Scan the records for the word "place". Copy each line that includes it.

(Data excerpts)
★ ★ ★ ★ ★
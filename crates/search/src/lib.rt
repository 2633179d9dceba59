// Searches along rules with weights, from labelled events that wait in a queue, and the chains that they find.

#![tactic(auto)]

pub mod networks;
pub mod searching;
pub mod starts;
pub mod tracing;

pub use networks::{Network, link_rules};
pub use starts::{start_alone, start_labelled};
pub use tracing::trace;
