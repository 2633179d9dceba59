// The search: take an event with the least key and see to the rules that leave it, until nothing waits.
// Labels, parents and the queue stay parameters of their own: the caller lends them, and reads what is left in them.
ghost use Rattle.std.specs.Prelude.{◌≡◌, ℕ, ◌<◌, ◌≤◌, List, length, Some, None, slice_index_or};
ghost use Rattle.queues.specs.Contents.{capacity_of};
ghost use Rattle.search.specs.Networks.{labelling, Labelling};
ghost use Rattle.search.specs.Meanings.{network_of};
ghost use Rattle.search.specs.Searches.{Fitting, Exact, Ready, Searched};
ghost use Rattle.search.specs.Progress.{betters, improved, Adds, Midway, Leaving, Turned};

use crate::Network;
use delays::Delay;
use queues::Queue;
use rules::EventNumber;

// Gives the event the key for its label, by the parent, and has it wait under it, where the key is better than its label.
fn improve<K: Delay, Q: Queue<K>>(
    event: EventNumber,
    parent: u16,
    key: K,
    labels: &mut [Option<K>],
    parents: &mut [Option<u16>],
    queue: &mut Q,
)
    requires labels { event < length labels.old }
    requires parents { event < length parents.old }
    requires capacity { event < capacity_of (Q.Queue.contents queue.old) }
    ensures { labelling labels.new parents.new (Q.Queue.contents queue.new) ≡ improved K.Delay.less (labelling labels.old parents.old (Q.Queue.contents queue.old)) event parent key }
{
    let at = event as usize;
    if labels[at].is_none_or(|old| key.below(old)) {
        labels[at] = Some(key);
        parents[at] = Some(parent);
        let _ = queue.offer(event, key);
    }
}

impl<'a, K: Delay> Network<'a, K> {
    // Sees to every rule that leaves the event, which was taken with the key.
    fn relax<Q: Queue<K>>(
        &self,
        event: EventNumber,
        key: K,
        labels: &mut [Option<K>],
        parents: &mut [Option<u16>],
        queue: &mut Q,
    )
        requires event { event < length labels.old }
        requires heads { length labels.old ≤ length self.now.links.heads.now }
        requires fitting { Fitting (network_of self.now) (labelling labels.old parents.old (Q.Queue.contents queue.old)) }
        requires adds { Adds (network_of self.now) key }
        ensures { (start : Labelling K) (taken : List ℕ) → Leaving (network_of self.now) start event key (slice_index_or self.now.links.heads.now event None) taken (labelling labels.old parents.old (Q.Queue.contents queue.old)) → Midway (network_of self.now) start event None taken (labelling labels.new parents.new (Q.Queue.contents queue.new)) }
    {
        for place in self.links.places(event as usize) {
            let second = self.rules[place as usize].second;
            let reached = key.sum(self.weights[place as usize]);
            improve(second, place, reached, labels, parents, queue);
        }
    }

    // Takes an event with the least key and sees to the rules that leave it; false where nothing waits.
    fn turn<Q: Queue<K>>(
        &self,
        labels: &mut [Option<K>],
        parents: &mut [Option<u16>],
        queue: &mut Q,
    ) -> bool
        requires heads { length labels.old ≤ length self.now.links.heads.now }
        requires fitting { Fitting (network_of self.now) (labelling labels.old parents.old (Q.Queue.contents queue.old)) }
        requires adds { (v : ℕ) (k : K) → slice_index_or (Q.Queue.contents queue.old).waiting v None ≡ Some k → (v < length labels.old) × Adds (network_of self.now) k }
        ensures { (start : Labelling K) (taken : List ℕ) → Midway (network_of self.now) start 0 None taken (labelling labels.old parents.old (Q.Queue.contents queue.old)) → Turned (network_of self.now) start taken (labelling labels.new parents.new (Q.Queue.contents queue.new)) result }
    {
        match queue.take() {
            None => false,
            Some(first) => {
                self.relax(first.0, first.1, labels, parents, queue);
                true
            }
        }
    }

    // Searches from the waiting events until none waits.
    pub fn search<Q: Queue<K>>(
        &self,
        labels: &mut [Option<K>],
        parents: &mut [Option<u16>],
        queue: &mut Q,
    )
        requires heads { length labels.old ≤ length self.now.links.heads.now }
        requires fitting { Fitting (network_of self.now) (labelling labels.old parents.old (Q.Queue.contents queue.old)) }
        requires ready { Ready (network_of self.now) (labelling labels.old parents.old (Q.Queue.contents queue.old)) }
        requires exact { Exact (network_of self.now) (labelling labels.old parents.old (Q.Queue.contents queue.old)) }
        ensures { Searched (network_of self.now) (labelling labels.old parents.old (Q.Queue.contents queue.old)) (labelling labels.new parents.new (Q.Queue.contents queue.new)) }
    {
        while self.turn(labels, parents, queue) {}
    }
}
★ ★ ★ ★ ★
§ **ANSWER SECTION**:
        for place in self.links.places(event as usize) {
            let second = self.rules[place as usize].second;
            let reached = key.sum(self.weights[place as usize]);
            improve(second, place, reached, labels, parents, queue);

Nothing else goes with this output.